Figure 2: Comparison of the proposed algorithm to the PC-Fisher, PC-HSIC, PC-Oracle, and GES-Oracle algorithms with the first set of error distribution

  • $d_{in}$ denotes the maximum indegree.
  • The result corroborates the consistency of the proposed algorithm.

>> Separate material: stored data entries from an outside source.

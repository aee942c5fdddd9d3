//! The records that are passed to and from C and Rust, and the record of masks that each one is.
//!
//! A builder and a cursor are returned as a record and passed again as its numbers, which stay in registers: a record that is passed
//! from call to call through memory costs several times the call.
//!
//! `known` is a flag next to a value, since C has no `Option`. It and `masked` are numbers, since a record may be damaged and a `bool`
//! other than 0 and 1 is undefined in C and in Rust.
ghost use Rattle.std.specs.Prelude.{◌≡◌};
ghost use Rattle.capi.specs.Records.{builder_in, builder_out, mask_in, mask_out, optional_in, serial_builder_in};

use masks::bitmap::Bitmap;
use masks::builder::BitmapBuilder;

/// A mask: a span of its bytes, its zero count, and the serial of the revocation list that it was drawn up under. `zeros` is read only if
/// `known` is not 0; an unknown count is returned as 0.
#[repr(C)]
#[derive(Clone, Copy, Default)]
pub struct Mask {
    pub start: usize,
    pub length: usize,
    pub zeros: usize,
    pub known: u8,
    pub serial: u32,
}

/// A builder: its length, the word in progress and the number of ones in the finished words, which are in its buffer. It has no serial,
/// since no append changes it: the caller keeps the serial with the builder and passes it to pw_freeze and pw_into_opt_validity.
#[repr(C)]
#[derive(Clone, Copy)]
pub struct Builder {
    pub length: usize,
    pub word: u64,
    pub ones: usize,
}

/// A cursor: a span and the next place in it, counted in flags, or in words for pw_chunks_. `masked` is 0 for a cursor that
/// pw_true_idx_new makes without a mask, else 1; only pw_true_idx_next and pw_true_idx_next_chunk read it.
#[repr(C)]
#[derive(Clone, Copy, Default)]
pub struct Cursor {
    pub start: usize,
    pub length: usize,
    pub place: usize,
    pub masked: u8,
}

#[tactic(auto, unfolding(crate::specs::Records::mask_in, crate::specs::Records::count_in))]
impl From<Mask> for Bitmap {
    ghost from_gives = { λ m b. b ≡ mask_in m };

    fn from(m: Mask) -> Bitmap {
        Bitmap {
            start: m.start,
            length: m.length,
            unset: (m.known != 0).then_some(m.zeros),
            serial: m.serial,
        }
    }
}

#[tactic(auto, unfolding(crate::specs::Records::mask_out))]
impl From<Bitmap> for Mask {
    ghost from_gives = { λ b m. m ≡ mask_out b };

    fn from(b: Bitmap) -> Mask {
        Mask {
            start: b.start,
            length: b.length,
            zeros: b.unset.unwrap_or(0),
            known: b.unset.is_some().into(),
            serial: b.serial,
        }
    }
}

// Returns the mask if `present`, else none. The record of an absent mask is not read.
#[tactic(auto, unfolding(crate::specs::Records::optional_in))]
pub(crate) fn optional_in(present: bool, m: Mask) -> Option<Bitmap>
    ensures { result ≡ optional_in present m }
{
    present.then(|| m.into())
}

// Makes a builder to append to. Its serial is 0, since an export that appends is not passed one.
#[tactic(auto, unfolding(crate::specs::Records::builder_in, crate::specs::Records::serial_builder_in))]
pub(crate) fn builder_in(length: usize, word: u64, ones: usize) -> BitmapBuilder
    ensures { result ≡ builder_in length word ones }
{
    serial_builder_in(length, word, ones, 0)
}

// Makes a builder to freeze, with the serial that the caller kept.
#[tactic(auto, unfolding(crate::specs::Records::serial_builder_in))]
pub(crate) fn serial_builder_in(length: usize, word: u64, ones: usize, serial: u32) -> BitmapBuilder
    ensures { result ≡ serial_builder_in length word ones serial }
{
    BitmapBuilder {
        length,
        word,
        ones,
        serial,
    }
}

#[tactic(auto, unfolding(crate::specs::Records::builder_out))]
impl From<BitmapBuilder> for Builder {
    ghost from_gives = { λ b r. r ≡ builder_out b };

    fn from(b: BitmapBuilder) -> Builder {
        Builder {
            length: b.length,
            word: b.word,
            ones: b.ones,
        }
    }
}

Additive measurement error models

Figure 3

Figure 3: Comparison of the proposed algorithm to the PC-Fisher, PC-HSIC, PC-Oracle, and GES-Oracle algorithms with the first set of error distribution

  • The results in Figures 4 and 5 align closely with those for the dropout models shown in above.

Real data

True CPDAG
(a) True CPDAG
Proposed CPDAG
(b) Proposed CPDAG
Figure 4: Comparison between the true CPDAG and the estimated CPDAG by the proposed algorithm.
  • The data ($p = 6, n = 3462$) comprises galaxy brightness measurements, which also includes measurement errors for each variable.
    • Rmag ($0.0069$), mumax ($0$), ApDRmag ($0$), Mcz ($0.0038$), BbMAG ($1.5233$) and rsMAG ($1.6508$).
  • The proposed algorithm successfully detects all true edges, while falsely detects an undirected edge (BbMAG, rsMAG).

References

  • Chung, J., Ahn, Y., Shin, D., & Park, G. (2024). Learning distribution-free anchored linear structural equation models in the presence of measurement error. Journal of the Korean Statistical Society, 1-25.
  • Halpern, Y., Horng, S., & Sontag, D. (2015). Anchored discrete factor analysis. arXiv preprint arXiv:1511.03299.
  • Liu, Y., Constantinou, A. C., & Guo, Z. (2022). Improving Bayesian network structure learning in the presence of measurement error. Journal of Machine Learning Research, 23(324), 1-28.
  • Peters, J., & Bühlmann, P. (2014). Identifiability of Gaussian structural equation models with equal error variances. Biometrika, 101(1), 219-228.
  • Saeed, B., Belyaeva, A., Wang, Y., & Uhler, C. (2020). Anchored causal inference in the presence of measurement error. In Conference on uncertainty in artificial intelligence (pp. 619-628). PMLR.
  • Shimizu, S., Hoyer, P. O., Hyvärinen, A., Kerminen, A., & Jordan, M. (2006). A linear non-Gaussian acyclic model for causal discovery. Journal of Machine Learning Research, 7(10).
  • Zhang, K., Gong, M., Ramsey, J., Batmanghelich, K., Spirtes, P., & Glymour, C. (2017). Causal discovery in the presence of measurement error: Identifiability conditions. arXiv preprint arXiv:1706.03768.
  • Zhang, K., Gong, M., Ramsey, J. D., Batmanghelich, K., Spirtes, P., & Glymour, C. (2018). Causal Discovery with Linear Non-Gaussian Models under Measurement Error: Structural Identifiability Results. In UAI (pp. 1063-1072).